How to solve IllegalArgumentException in Java?

In this tutorial, we will learn the way to handle IllegalArgumentException in Java.

An IllegalArgumentException is thrown when a method is called with an argument that is not appropriate or illegal. To solve this issue, you need to find out what argument is causing the problem and why it is illegal.

Causes of java.lang.IllegalArgumentException

1. When arguments are too far apart. The percentage, for instance, should range from 1 to 100.
2. An IllegalArugmentExcpetion will be thrown if the user entered 101. In case of the improper argument format.
   For instance, suppose the user passes YYYY-MM-DD instead of the date format that our method expects, which is YYYY/MM/DD. If our approach is unable to comprehend the situation, IllegalArugmentExcpetion will be raised.
3. When a method expects a non-empty string as a parameter but only receives a null string.

Implementation 1:

Let us see an example to understand the topic well.

File name: Student.java

public class Student {
   int r;
   public void setRanks(int ranks) {
      if(ranks < 0 || ranks > 100)
         throw new IllegalArgumentException(Integer.toString(ranks));
      else
         r = ranks;
   }
   public static void main(String[] args) {
      Student s1 = new Student();
      s1.setRanks(60);
      System.out.println(s1.r);
      Student s2 = new Student();
      s2.setRanks(212);
      System.out.println(s2.r);
   }
}

Output:

Explanation: The above written code throws an IllegalArgumentException because the setRanks method checks if the value of ranks is within the range of 0 to 100. If the value is outside of this range, the method throws an IllegalArgumentException with the message set to the string representation of the argument ranks.

In the main method, two Student objects are created and their ranks are set using the setRanks method. The first object, s1, has its rank set to 60, which is within the acceptable range, so no exception is thrown. The second object, s2, has its rank set to 212, which is outside of the acceptable range, so an IllegalArgumentException will be thrown with the message "212".

The exception here will terminate the program and the second println statement will not be executed. To handle this exception, you can wrap the call to setRanks in a try-catch block, catch the IllegalArgumentException, and handle it appropriately, such as logging the error or displaying an error message to the user.

Implementation 2:

Let us take another example to understand the topic.

File name: Student.java

import java.util.Scanner;
public class Student {
    public static void main(String[] args) {
        String cont = "y";
        run(cont);
    }
    static void run(String cont) {
        Scanner scan = new Scanner(System.in);
        while( cont.equalsIgnoreCase("y")) {
           try {
               System.out.println("Enter the roll no.: ");
               int roll = scan.nextInt();
               if (roll < 0 || roll > 100)
                  throw new IllegalArgumentException("Value must be non-negative and below 100");
               System.out.println( roll);
            }
            catch(IllegalArgumentException i) {
               System.out.println("Out of range.
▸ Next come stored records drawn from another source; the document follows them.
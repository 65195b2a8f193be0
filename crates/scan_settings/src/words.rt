// The words of the command line.
ghost use Rattle.std.specs.Prelude.{◌≡◌, ◌+◌, ◌<◌, ◌≤◌, ◌^◌, None, IfOk, IfErr, length};
ghost use Rattle.scan_settings.specs.Faults.{IsFault, IsRefused};
ghost use Rattle.scan_settings.specs.Lawful.{IsLawful};
ghost use Rattle.scan_settings.specs.Settings.{texts, settings_given};
ghost use Rattle.scan_settings.specs.Words.{options_in, place_in, rest_fault, words_fault, command_given, command_of};

use crate::action::{Action, action_of};
use crate::fault::{BadWord, Why, WordsFault};
use crate::judge::{Options, read_options};
use crate::places::{SEED, SIZE, bounds_fault, places_fault};
use crate::settings::{Settings, settings_given, word_at};
use crate::values::number_in;
use byte_kit::{Name, Names, NoMemory};
use std::alloc::Global;

/// What a command does.
#[derive(Drop)]
pub enum Command {
    /// Searches an image.
    Scan {
        settings: Settings,
        /// The parts of the image, in order: 1 to 64.
        parts: Names,
        /// The folder of the report.
        place: Name,
    },
    /// Makes an image, and searches it.
    Generate {
        settings: Settings,
        /// The number that the image is made from.
        seed: u64,
        /// How many bytes it has, at most 67,108,864.
        size: u64,
    },
}

/// The command that words give, or the first bad word of them, judged from left to right. What is missing at the
/// end has the number of words, and so have bounds of words that are crossed where nothing else is bad. Its other
/// refusal is want of memory.
pub fn read_words(alloc: Global, words: &[String]) -> Result<Command, WordsFault>
    requires { length words.now < 2 ^ 32 }
    ensures command { IfOk result (λ command. command_of (texts words.now) ≡ Ok command) }
    ensures lawful { IfOk result IsLawful }
    ensures bad { IfErr result (IsRefused (command_of (texts words.now))) }
{
    if words.is_empty() {
        return Err(WordsFault::Usage {
            word: 0,
            why: Why::NoCommand,
        });
    }
    let Some(action) = action_of(word_at(words, 0)) else {
        return Err(WordsFault::Usage {
            word: 0,
            why: Why::UnknownCommand,
        });
    };
    read_command(alloc, action, words)
}

// The command that words give behind this action, or the first bad word of them. Its other refusal is want of
// memory.
fn read_command(alloc: Global, action: Action, words: &[String]) -> Result<Command, WordsFault>
    requires some { 0 < length words.now }
    requires few { length words.now < 2 ^ 32 }
    ensures good { IfOk result (λ command. words_fault action (texts words.now) ≡ None) }
    ensures command { IfOk result (λ command. command ≡ command_given action (texts words.now)) }
    ensures lawful { IfOk result IsLawful }
    ensures bad { IfErr result (IsFault (words_fault action (texts words.now))) }
{
    let options = match read_options(alloc, action, words) {
        Ok(options) => options,
        Err(refusal) => return Err(refusal),
    };
    if let Some(bad) = rest_fault(action, words, &options) {
        return Err(WordsFault::from(bad));
    }
    match command_given(alloc, action, words, &options) {
        Ok(command) => Ok(command),
        Err(NoMemory) => Err(WordsFault::NoMemory),
    }
}

// What is bad behind the options, all of which are good.
#[tactic(auto, unfolding(crate::specs::Words::rest_fault))]
fn rest_fault(action: Action, words: &[String], options: &Options) -> Option<BadWord>
    requires few { length words.now < 2 ^ 32 }
    requires within { options.now.place ≤ length words.now }
    requires numbers { options.now.numbers.items ≡ options_in (texts words.now) }
    requires place { options.now.place ≡ place_in (texts words.now) }
    ensures { result ≡ rest_fault action (texts words.now) }
{
    if let Some(bad) = places_fault(action, words, options.place) {
        return Some(bad);
    }
    bounds_fault(words, options.numbers.as_slice())
}

// The command of lawful words. Its one refusal is want of memory.
fn command_given(
    alloc: Global,
    action: Action,
    words: &[String],
    options: &Options,
) -> Result<Command, NoMemory>
    requires numbers { options.now.numbers.items ≡ options_in (texts words.now) }
    requires place { options.now.place ≡ place_in (texts words.now) }
    requires places { options.now.place + 1 < length words.now }
    ensures { IfOk result (λ command. command ≡ command_given action (texts words.now)) }
{
    let settings = settings_given(alloc, words, options.numbers.as_slice())?;
    match action {
        Action::Scan => scan_given(alloc, settings, words, options.place),
        Action::Generate => Ok(generate_given(settings, words, options.place)),
    }
}

// The scan of these words, whose places begin at this number. Its one refusal is want of memory.
#[tactic(auto, unfolding(crate::specs::Words::command_given))]
fn scan_given(
    alloc: Global,
    settings: Settings,
    words: &[String],
    first: u32,
) -> Result<Command, NoMemory>
    requires settings { settings ≡ settings_given (texts words.now) (options_in (texts words.now)) }
    requires first { first ≡ place_in (texts words.now) }
    requires places { first + 1 < length words.now }
    ensures { IfOk result (λ command. command ≡ command_given Action.Scan (texts words.now)) }
{
    let last = words.len() - 1;
    let parts = names_of(alloc, &words[first as usize..last])?;
    let place = Name::copy(alloc, word_at(words, last))?;
    Ok(Command::Scan {
        settings,
        parts,
        place,
    })
}

// These words as names. Its one refusal is want of memory.
fn names_of(alloc: Global, words: &[String]) -> Result<Names, NoMemory>
    ensures { IfOk result (λ names. names ≡ texts words.now) }
{
    let mut names = Names::make(alloc);
    for word in words {
        names.add(Name::copy(alloc, word.as_str())?)?;
    }
    Ok(names)
}

// The command `generate` of these words, whose places begin at this number.
#[tactic(auto, unfolding(crate::specs::Words::command_given))]
fn generate_given(settings: Settings, words: &[String], first: u32) -> Command
    requires settings { settings ≡ settings_given (texts words.now) (options_in (texts words.now)) }
    requires first { first ≡ place_in (texts words.now) }
    ensures { result ≡ command_given Action.Generate (texts words.now) }
{
    let seed = number_in(word_at(words, first as usize), SEED).unwrap_or(0);
    let size = number_in(word_at(words, first as usize + 1), SIZE).unwrap_or(0);
    Command::Generate {
        settings,
        seed,
        size,
    }
}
Press y if you wish to continue");
               cont = scan.next();  
               if(cont.equalsIgnoreCase("Y"))
                   run(cont);
               }
          }
     }
}

Output 1:

Output 2:

Explanation: The above-written code is a simple implementation of a program that takes input from a user, checks if the input value is within the range of 0 to 100, and throws an IllegalArgumentException if the value is outside of this range. The program uses a while loop to allow the user to continue entering values until they decide to exit.

The run method is where the main logic of the program resides. It uses a Scanner object to take input from the user. The method starts a while loop that continues as long as the user enters "y" or "Y". Within the loop, the user is prompted to enter a roll number. If the entered value is less than 0 or greater than 100, an IllegalArgumentException is thrown with a message indicating that the value must be non-negative and below 100. If the exception is thrown, the program prints a message asking the user if they want to continue and takes another input. If the user enters "y" or "Y", the program will call itself again to continue the loop. If the user enters any other value, the loop will exit and the program will terminate.

If the user enters a value within the range of 0 to 100, the value is printed and the loop continues, asking the user if they wish to continue.